The more straightforward requirement in classifying an employee as exempt from overtime under the FLSA’s white collar exemptions is payment – on a “salary basis” – of a salary no less than $455/week (some states require a higher salary basis).  Employers must ensure this amount is paid to the employee for each and every workweek in which work is performed, subject only to the exceptions to this requirement set forth in DOL regulations, 29 C.F.R. §§ 541.602-605 (and, as applicable, state law).  Wage-and-hour plaintiffs sometimes challenge the salary basis nature of their compensation based on alleged actual or even theoretical deductions from the salary payment, as exemplified by a new decision from the Court of Appeals for the Tenth Circuit, McBride v. Peak Wellness Ctr., Inc., 2012 U.S. App. LEXIS 16335 (10th Cir. Aug. 6, 2012).

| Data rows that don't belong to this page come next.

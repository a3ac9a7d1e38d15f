//! Lists of varints, packed or not.

ghost use Rattle.std.specs.Prelude.{◌≡◌, length, IfOk};
ghost use Rattle.std.specs.List.{flat_map};
ghost use Rattle.proto_wire.specs.Field.{field_view};
ghost use Rattle.proto_wire.specs.Steps.{with_front};
ghost use Rattle.proto_wire.specs.Reading.{Gives};
ghost use Rattle.proto_wire.specs.Spelling.{varint};
ghost use Rattle.proto_wire.specs.Packed.{varints_in, numbers_of, packed_of};

use crate::bytes::Bytes;
use crate::fault::WireError;
use crate::field::{Field, Fields, Value};
use crate::memory::OutOfMemory;
use crate::read::varint;
use crate::write::push_varint;
use std::alloc::Global;

/// The varints of this number, in their order, packed or not. A malformed packed list is refused at the first
/// byte of its field.
pub fn packed(alloc: Global, fields: &Fields<'_>, number: u32) -> Result<Vec<u64>, WireError>
    ensures { Gives (λ v. v.items) result (packed_of number fields.now) }
{
    let mut found = Vec::new(alloc);
    'fields: for field in fields.as_slice() {
        add_numbers(field, number, &mut found)?;
    }
    Ok(found)
}

/// Adds what a field adds to the list of this number.
fn add_numbers(field: &Field<'_>, number: u32, found: &mut Vec<u64>) -> Result<(), WireError>
    ensures { Gives (λ u. found.new.items) result (with_front found.old.items (numbers_of number (field_view field.now))) }
{
    if field.number != number {
        return Ok(());
    }
    match field.value {
        Value::Int(n) => Ok(found.push(n)?),
        Value::Bytes(content) => add_varints(field.at, content, found),
        Value::Fixed64(_) | Value::Fixed32(_) => Ok(()),
    }
}

/// Adds the varints of a packed list, whose field begins at `at`.
fn add_varints(at: usize, content: &[u8], found: &mut Vec<u64>) -> Result<(), WireError>
    ensures { Gives (λ u. found.new.items) result (with_front found.old.items (varints_in (length content.now) at content.now)) }
{
    let mut rest = content;
    'varints: while !rest.is_empty() {
        let (n, after) = varint(at, rest)?;
        found.push(n)?;
        rest = after;
    }
    Ok(())
}

/// The content of a packed list: the shortest varints, one after the other.
pub fn pack(alloc: Global, values: &[u64]) -> Result<Bytes, OutOfMemory>
    ensures { IfOk result (λ b. b ≡ flat_map varint values.now) }
{
    let mut out = Vec::new(alloc);
    'values: for n in values {
        push_varint(&mut out, *n)?;
    }
    Ok(Bytes::from_vec(out))
}
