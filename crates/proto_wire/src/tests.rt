use super::*;
use std::test::*;

/// A field with the number 2 and 75 bytes: a digest, which is a hash and a size.
const DIGEST: &[u8] =
    b"\x12\x4b\x0a\x400123456789abcdef0123456789abcdef0123456789abcdef0123456789abcdef\x10\x85\x80\x80\x80\x80\x80\x80\x01";

#[test]
fn one_field_is_read(rt: HostRuntime) -> Result<(), Fail> {
    let cases: [(&[u8], u32, Value<'static>); 12] = [
        (b"\x08\x00", 1, Value::Int(0)),
        (b"\x08\xac\x02", 1, Value::Int(300)),
        // Longer than it has to be, and an unknown number.
        (b"\x08\x83\x00", 1, Value::Int(3)),
        (b"\x78\x01", 15, Value::Int(1)),
        (
            b"\x08\xff\xff\xff\xff\xff\xff\xff\xff\xff\x01",
            1,
            Value::Int(0xffff_ffff_ffff_ffff),
        ),
        (
            b"\x08\x80\x80\x80\x80\x80\x80\x80\x80\x80\x00",
            1,
            Value::Int(0),
        ),
        (
            b"\x19\x08\x07\x06\x05\x04\x03\x02\x01",
            3,
            Value::Fixed64(0x0102_0304_0506_0708),
        ),
        (b"\x25\x04\x03\x02\x01", 4, Value::Fixed32(0x0102_0304)),
        (b"\x12\x03abc", 2, Value::Bytes(b"abc")),
        (b"\x0a\x00", 1, Value::Bytes(b"")),
        (b"\xf8\xff\xff\xff\x0f\x07", 0x1fff_ffff, Value::Int(7)),
        (b"\x88\x00\x01", 1, Value::Int(1)),
    ];
    for (bytes, number, value) in cases {
        let read = fields(rt.alloc(), bytes)
            .ok()
            .ok_or("the bytes are a field")?;
        let wanted = [Field {
            number,
            at: 0,
            value,
        }];
        assert_eq!(rt; read.as_slice(), wanted.as_slice(), "{number}");
    }
    Ok(())
}

#[test]
fn a_message_is_read_in_its_order(rt: HostRuntime) -> Result<(), Fail> {
    let none = fields(rt.alloc(), b"").ok().ok_or("nothing is no fields")?;
    assert_eq!(rt; none.as_slice().len(), 0);
    let outer = fields(rt.alloc(), DIGEST)
        .ok()
        .ok_or("a digest in a field")?;
    let inside = last_bytes(&outer, 2).ok_or("the digest")?;
    assert_eq!(rt; inside.len(), 75);
    let inner = fields(rt.alloc(), inside).ok().ok_or("a hash and a size")?;
    let hash = b"0123456789abcdef0123456789abcdef0123456789abcdef0123456789abcdef";
    let wanted = [
        Field {
            number: 1,
            at: 0,
            value: Value::Bytes(hash),
        },
        Field {
            number: 2,
            at: 66,
            value: Value::Int(0x0002_0000_0000_0005),
        },
    ];
    assert_eq!(rt; inner.as_slice(), wanted.as_slice());
    Ok(())
}

#[test]
fn a_fault_has_the_place_of_its_field(rt: HostRuntime) {
    let cases: [(&[u8], WireError); 20] = [
        (b"\x80", WireError::Truncated { at: 0 }),
        (b"\x08", WireError::Truncated { at: 0 }),
        (b"\x08\xff", WireError::Truncated { at: 0 }),
        (b"\x12\x03ab", WireError::Truncated { at: 0 }),
        (
            b"\x12\xff\xff\xff\xff\xff\xff\xff\xff\xff\x01",
            WireError::Truncated { at: 0 },
        ),
        (
            b"\x19\x08\x07\x06\x05\x04\x03\x02",
            WireError::Truncated { at: 0 },
        ),
        (b"\x25\x04\x03\x02", WireError::Truncated { at: 0 }),
        // The tenth byte is 2, and there are eleven bytes: in a value, in a tag and in a length.
        (
            b"\x08\xff\xff\xff\xff\xff\xff\xff\xff\xff\x02",
            WireError::BadVarint { at: 0 },
        ),
        (
            b"\x08\x80\x80\x80\x80\x80\x80\x80\x80\x80\x80\x00",
            WireError::BadVarint { at: 0 },
        ),
        (
            b"\x88\x80\x80\x80\x80\x80\x80\x80\x80\x80\x00\x01",
            WireError::BadVarint { at: 0 },
        ),
        (
            b"\x12\x80\x80\x80\x80\x80\x80\x80\x80\x80\x80\x00",
            WireError::BadVarint { at: 0 },
        ),
        (b"\x0b", WireError::Group { at: 0 }),
        (b"\x0c", WireError::Group { at: 0 }),
        (b"\x00\x00", WireError::BadTag { at: 0 }),
        (b"\x0e", WireError::BadTag { at: 0 }),
        (b"\x0f", WireError::BadTag { at: 0 }),
        (b"\x80\x80\x80\x80\x10\x07", WireError::BadTag { at: 0 }),
        (b"\x08\x01\x12\x03ab", WireError::Truncated { at: 2 }),
        (b"\x12\x03abc\x0b", WireError::Group { at: 5 }),
        (b"\x78\x01\x08\x83\x00\x0e", WireError::BadTag { at: 5 }),
    ];
    for (bytes, fault) in cases {
        let refused = fields(rt.alloc(), bytes).err();
        assert_eq!(rt; refused, Some(fault), "{bytes:?}");
    }
}

#[test]
fn the_last_counts_and_parts_are_joined(rt: HostRuntime) -> Result<(), Fail> {
    // 1: 5, 2: "ab", 1: 6, 2: "c", 3: "", and 2: 9, which is no content.
    let row = fields(
        rt.alloc(),
        b"\x08\x05\x12\x02ab\x08\x06\x12\x01c\x1a\x00\x10\x09",
    )
    .ok()
    .ok_or("a row of fields")?;
    assert_eq!(rt; last_int(&row, 1), Some(6));
    assert_eq!(rt; last_int(&row, 2), Some(9));
    assert_eq!(rt; last_int(&row, 3), None);
    assert_eq!(rt; last_bytes(&row, 2), Some(b"c".as_slice()));
    assert_eq!(rt; last_bytes(&row, 1), None);
    let all = contents(rt.alloc(), &row, 2).ok().ok_or("memory")?;
    assert_eq!(rt;
        all.as_slice(),
        [b"ab".as_slice(), b"c".as_slice()].as_slice()
    );
    let cases: [(u32, Option<&[u8]>); 4] = [
        (1, None),
        (2, Some(b"abc")),
        (3, Some(b"")),
        (4, None),
    ];
    for (number, wanted) in cases {
        let merged = joined(rt.alloc(), &row, number).ok().ok_or("memory")?;
        assert_eq!(rt;
            merged.as_ref().map(|whole| whole.as_slice()),
            wanted,
            "{number}"
        );
    }
    Ok(())
}

#[test]
fn bytes_are_text_where_they_are_utf8(rt: HostRuntime) {
    assert_eq!(rt; text(b"caf\xc3\xa9"), Some("café"));
    assert_eq!(rt; text(b""), Some(""));
    assert_eq!(rt; text(b"\xff"), None);
    assert_eq!(rt; text(b"\xc0\x80"), None);
}

#[test]
fn fields_are_written_shortest(rt: HostRuntime) -> Result<(), Fail> {
    let mut writer = Writer::new(rt.alloc());
    writer.int(1, 300).ok().ok_or("memory")?;
    writer.bytes(2, b"abc").ok().ok_or("memory")?;
    writer.int(0x1fff_ffff, 7).ok().ok_or("memory")?;
    writer.int(1, 0xffff_ffff_ffff_ffff).ok().ok_or("memory")?;
    writer.bytes(1, b"").ok().ok_or("memory")?;
    let wanted =
        b"\x08\xac\x02\x12\x03abc\xf8\xff\xff\xff\x0f\x07\x08\xff\xff\xff\xff\xff\xff\xff\xff\xff\x01\x0a\x00";
    let mut written = writer.finish();
    assert_eq!(rt; written.as_slice(), wanted.as_slice());
    assert_eq!(rt; written.len(), 27);
    written.push_slice(b"x").ok().ok_or("memory")?;
    assert!(rt; !written.is_empty());
    assert_eq!(rt; written.into_vec().as_slice().len(), 28);
    let copy = Bytes::copy_of(rt.alloc(), b"ab").ok().ok_or("memory")?;
    assert_eq!(rt; copy.as_slice(), b"ab".as_slice());
    assert!(rt; Bytes::new(rt.alloc()).is_empty());
    Ok(())
}

#[test]
fn texts_are_kept_in_place_or_on_the_heap(rt: HostRuntime) -> Result<(), Fail> {
    let short = "0123456789abcdef0123456789abcdef";
    let long = "0123456789abcdef0123456789abcdefg";
    for (wanted, len) in [("", 0), ("é", 2), (short, 32), (long, 33)] {
        let kept = Text::new(rt.alloc(), wanted).ok().ok_or("memory")?;
        assert_eq!(rt; kept.as_str(), wanted);
        assert_eq!(rt; kept.len(), len);
        assert_eq!(rt; kept.is_empty(), len == 0);
        let name = Name::new(rt.alloc(), wanted).ok().ok_or("memory")?;
        assert_eq!(rt; name.as_str(), wanted);
        let string = String::from_str(rt.alloc(), wanted).ok().ok_or("memory")?;
        assert_eq!(rt; Text::from_string(string).as_str(), wanted);
    }
    assert_eq!(rt; Text::short(short).as_str(), short);
    assert!(rt; Text::empty().is_empty());
    Ok(())
}

#[test]
fn a_list_is_read_packed_or_not(rt: HostRuntime) -> Result<(), Fail> {
    let cases: [(&[u8], &[u64]); 11] = [
        (b"", &[]),
        (b"\x08\x05\x08\xac\x02", &[5, 300]),
        (b"\x0a\x03\x05\xac\x02", &[5, 300]),
        (b"\x08\x05\x0a\x03\x06\xac\x02\x08\x07", &[5, 6, 300, 7]),
        (b"\x0a\x01\x05\x0a\x01\x06", &[5, 6]),
        (b"\x0a\x00", &[]),
        // Longer than it has to be, and as large as it can be.
        (b"\x0a\x02\x83\x00", &[3]),
        (
            b"\x0a\x0a\xff\xff\xff\xff\xff\xff\xff\xff\xff\x01",
            &[0xffff_ffff_ffff_ffff],
        ),
        // Another number, whose content is no list.
        (b"\x10\x05\x12\x01\x80\x08\x06", &[6]),
        // Eight bytes and four bytes, which are no varints.
        (
            b"\x09\x05\x00\x00\x00\x00\x00\x00\x00\x08\x06\x0d\x07\x00\x00\x00",
            &[6],
        ),
        (b"\x09\x05\x00\x00\x00\x00\x00\x00\x00", &[]),
    ];
    for (bytes, wanted) in cases {
        let row = fields(rt.alloc(), bytes).ok().ok_or("a row of fields")?;
        let numbers = packed(rt.alloc(), &row, 1).ok().ok_or("a list")?;
        assert_eq!(rt; numbers.as_slice(), wanted, "{bytes:?}");
    }
    Ok(())
}

#[test]
fn a_fault_of_a_packed_list_has_the_place_of_its_field(rt: HostRuntime) -> Result<(), Fail> {
    let cases: [(&[u8], WireError); 6] = [
        (b"\x0a\x01\x80", WireError::Truncated { at: 0 }),
        (b"\x08\x05\x0a\x02\x05\x80", WireError::Truncated { at: 2 }),
        // There are eleven bytes, and the tenth byte is 2.
        (
            b"\x08\x05\x0a\x0b\x80\x80\x80\x80\x80\x80\x80\x80\x80\x80\x00",
            WireError::BadVarint { at: 2 },
        ),
        (
            b"\x08\x05\x0a\x0a\xff\xff\xff\xff\xff\xff\xff\xff\xff\x02",
            WireError::BadVarint { at: 2 },
        ),
        // The first fault counts, of the fields and within a field.
        (
            b"\x0a\x01\x80\x0a\x0a\xff\xff\xff\xff\xff\xff\xff\xff\xff\x02",
            WireError::Truncated { at: 0 },
        ),
        (
            b"\x0a\x0b\xff\xff\xff\xff\xff\xff\xff\xff\xff\x02\x80",
            WireError::BadVarint { at: 0 },
        ),
    ];
    for (bytes, fault) in cases {
        let row = fields(rt.alloc(), bytes).ok().ok_or("a row of fields")?;
        let refused = packed(rt.alloc(), &row, 1).err();
        assert_eq!(rt; refused, Some(fault), "{bytes:?}");
    }
    Ok(())
}

#[test]
fn a_list_is_packed_shortest(rt: HostRuntime) -> Result<(), Fail> {
    let cases: [(&[u64], &[u8]); 4] = [
        (&[], b""),
        (&[0], b"\x00"),
        (&[5, 300, 127, 128], b"\x05\xac\x02\x7f\x80\x01"),
        (
            &[0xffff_ffff_ffff_ffff, 1],
            b"\xff\xff\xff\xff\xff\xff\xff\xff\xff\x01\x01",
        ),
    ];
    for (numbers, wanted) in cases {
        let content = pack(rt.alloc(), numbers).ok().ok_or("memory")?;
        assert_eq!(rt; content.as_slice(), wanted, "{numbers:?}");
    }
    Ok(())
}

In McBride, an exempt business manager for defendant, a non-profit drug rehabilitation center, alleged that, because defendant had deducted from her paid time off (PTO) bank when she worked less than a full day, she did not receive her full salary on a salary basis, thereby destroying exempt status.  Consistent with the regulation at 29 C.F.R. § 541.602(b)(2), the court rejected this argument observing, that “[Plaintiff] does not claim Peak made any deductions to her salary. Thus, even taking McBride’s allegations as true, Peak did not violate the FLSA’s prohibition on pay deductions for exempt employees.” The United States Department of Labor has expressed the same view via opinion letters. 

As employers continue to push for productivity and efficiency, business leaders and cost managers may propose practices that could impact the application of the salary basis standard. Counsel, Human Resources and other risk managers must take measures to ensure compliance with the salary basis requirements set forth in the regulations and, as applicable, state law.